- What to work on -
Among the lines below, tally those holding the string "worker" and give the total only.

========================================

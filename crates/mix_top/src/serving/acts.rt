// One act at a node, with its line. An act that ends the run gives no line.
ghost use Rattle.std.specs.Prelude.{◌≡◌, ◌<◌, ◌^◌, ◌-◌, [], ◌∷◌};
ghost use Rattle.mix_top.specs.Acts.{Claims, Opens, Peels, Receives, Reopens, Rotates, Sends};
ghost use Rattle.mix_top.specs.Progress.{GoesOn, Serves, SinkGoesOn};

use super::lines::{claim_line, opened_line, peel_line, peel_status, reopened_line, rotation_line};
use crate::receiving::{Receiver, take_maybe};
use crate::report::ReportLine;
use lab_text::Status;
use mix_base::{Bytes, Memory, Suite};
use node_core::{Node, NodeSetup};
use replay_disk::CrashRack;
use std::alloc::Global;

/// A shard's journal is opened, at the node line.
pub fn open<C: CrashRack, S: Suite, R: Receiver>(
    alloc: Global,
    setup: &NodeSetup,
    node: &mut Node<C, S>,
    receiver: &mut R,
    shard: u8,
) -> Result<(), Status>
    requires setup { node.old.setup ≡ setup.now }
    requires shard { shard < setup.now.shards }
    ensures serves { Serves C.tells S.meaning (Opens shard ∷ []) result
        node.old node.new (R.took receiver.old receiver.new)
        (R.took_front receiver.old receiver.new) }
    ensures goes_on { GoesOn C.tells S.meaning 0 node.old node.new }
    ensures receiver { SinkGoesOn result (R.failures receiver.old) (R.failures receiver.new) }
{
    let line = opened_line(setup, shard, node.ready(alloc, shard))?;
    take_maybe(alloc, receiver, line)?;
    Ok(())
}

/// A shard's journal is opened again, after a crash.
pub fn reopen<C: CrashRack, S: Suite, R: Receiver>(
    alloc: Global,
    setup: &NodeSetup,
    node: &mut Node<C, S>,
    receiver: &mut R,
    shard: u8,
) -> Result<(), Status>
    requires setup { node.old.setup ≡ setup.now }
    requires shard { shard < setup.now.shards }
    ensures serves { Serves C.tells S.meaning (Reopens shard ∷ []) result
        node.old node.new (R.took receiver.old receiver.new)
        (R.took_front receiver.old receiver.new) }
    ensures goes_on { GoesOn C.tells S.meaning 0 node.old node.new }
    ensures receiver { SinkGoesOn result (R.failures receiver.old) (R.failures receiver.new) }
{
    let line = reopened_line(setup, shard, node.ready(alloc, shard))?;
    take_maybe(alloc, receiver, line)?;
    Ok(())
}

/// A packet arrives.
pub fn receive<C: CrashRack, S: Suite, R: Receiver>(
    node: &mut Node<C, S>,
    receiver: &mut R,
    moment: u64,
    packet: Bytes,
) -> Result<(), Status>
    requires room { node.old.next < 2 ^ 64 - 1 }
    requires moment { moment < 2 ^ 60 }
    ensures serves { Serves C.tells S.meaning (Receives moment packet ∷ []) result
        node.old node.new (R.took receiver.old receiver.new)
        (R.took_front receiver.old receiver.new) }
    ensures goes_on { GoesOn C.tells S.meaning 1 node.old node.new }
    ensures receiver { SinkGoesOn result (R.failures receiver.old) (R.failures receiver.new) }
{
    match node.recv(moment, packet.into_vec()) {
        Ok(()) => Ok(()),
        Err(Memory) => Err(Status::Memory),
    }
}

/// A worker unwraps the oldest arrival.
pub fn peel<C: CrashRack, S: Suite, R: Receiver>(
    alloc: Global,
    node: &mut Node<C, S>,
    receiver: &mut R,
    worker: u8,
) -> Result<(), Status>
    requires worker { worker < 4 }
    requires ciphertext { node.old.setup.geo.ct ≡ S.K.CT }
    ensures serves { Serves C.tells S.meaning (Peels worker ∷ []) result
        node.old node.new (R.took receiver.old receiver.new)
        (R.took_front receiver.old receiver.new) }
    ensures goes_on { GoesOn C.tells S.meaning 0 node.old node.new }
    ensures receiver { SinkGoesOn result (R.failures receiver.old) (R.failures receiver.new) }
{
    match node.peel(alloc, worker) {
        Ok(answer) => {
            take_maybe(alloc, receiver, peel_line(worker, answer))?;
            Ok(())
        }
        Err(fault) => Err(peel_status(fault)),
    }
}

/// A worker claims the tag of the packet that it holds.
pub fn claim<C: CrashRack, S: Suite, R: Receiver>(
    alloc: Global,
    setup: &NodeSetup,
    node: &mut Node<C, S>,
    receiver: &mut R,
    worker: u8,
) -> Result<(), Status>
    requires setup { node.old.setup ≡ setup.now }
    requires worker { worker < 4 }
    ensures serves { Serves C.tells S.meaning (Claims worker ∷ []) result
        node.old node.new (R.took receiver.old receiver.new)
        (R.took_front receiver.old receiver.new) }
    ensures goes_on { GoesOn C.tells S.meaning 0 node.old node.new }
    ensures receiver { SinkGoesOn result (R.failures receiver.old) (R.failures receiver.new) }
{
    let line = claim_line(setup, worker, node.claim(alloc, worker))?;
    take_maybe(alloc, receiver, line)?;
    Ok(())
}

/// The first packet that is due at a moment is handed on.
pub fn send<C: CrashRack, S: Suite, R: Receiver>(
    alloc: Global,
    node: &mut Node<C, S>,
    receiver: &mut R,
    moment: u64,
) -> Result<(), Status>
    ensures serves { Serves C.tells S.meaning (Sends moment ∷ []) result
        node.old node.new (R.took receiver.old receiver.new)
        (R.took_front receiver.old receiver.new) }
    ensures goes_on { GoesOn C.tells S.meaning 0 node.old node.new }
    ensures receiver { SinkGoesOn result (R.failures receiver.old) (R.failures receiver.new) }
{
    match node.send(moment) {
        Some(held) => {
            receiver.take_hand_on(alloc, held.number(), held.epoch(), held.tag(), held.out())?
        }
        None => receiver.take_line(alloc, &ReportLine::NoneDue)?,
    }
    Ok(())
}

/// A shard retires the epochs below the least that is live at a moment.
pub fn rotate<C: CrashRack, S: Suite, R: Receiver>(
    alloc: Global,
    setup: &NodeSetup,
    node: &mut Node<C, S>,
    receiver: &mut R,
    moment: u64,
    shard: u8,
) -> Result<(), Status>
    requires setup { node.old.setup ≡ setup.now }
    requires moment { moment < 2 ^ 60 }
    requires shard { shard < setup.now.shards }
    ensures serves { Serves C.tells S.meaning (Rotates moment shard ∷ []) result
        node.old node.new (R.took receiver.old receiver.new)
        (R.took_front receiver.old receiver.new) }
    ensures goes_on { GoesOn C.tells S.meaning 0 node.old node.new }
    ensures receiver { SinkGoesOn result (R.failures receiver.old) (R.failures receiver.new) }
{
    let line = rotation_line(setup, shard, node.rotate(alloc, shard, moment))?;
    take_maybe(alloc, receiver, line)?;
    Ok(())
}
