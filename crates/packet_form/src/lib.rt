// The form of a packet: the lengths of its parts, and the commands that say what a hop does with it. Every length
// is by its formula. Commands have one spelling of 72 bytes, and no bytes spell two.
#![tactic(auto)]

mod commands;
mod faults;
mod packet_sizes;
#[cfg(test)]
mod tests;

pub use commands::{Cmds, Exit, LONGEST_DELAY, read_cmds, write_cmds};
pub use faults::GeometryFault;
pub use packet_sizes::Geometry;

========================================

- Your solution -
11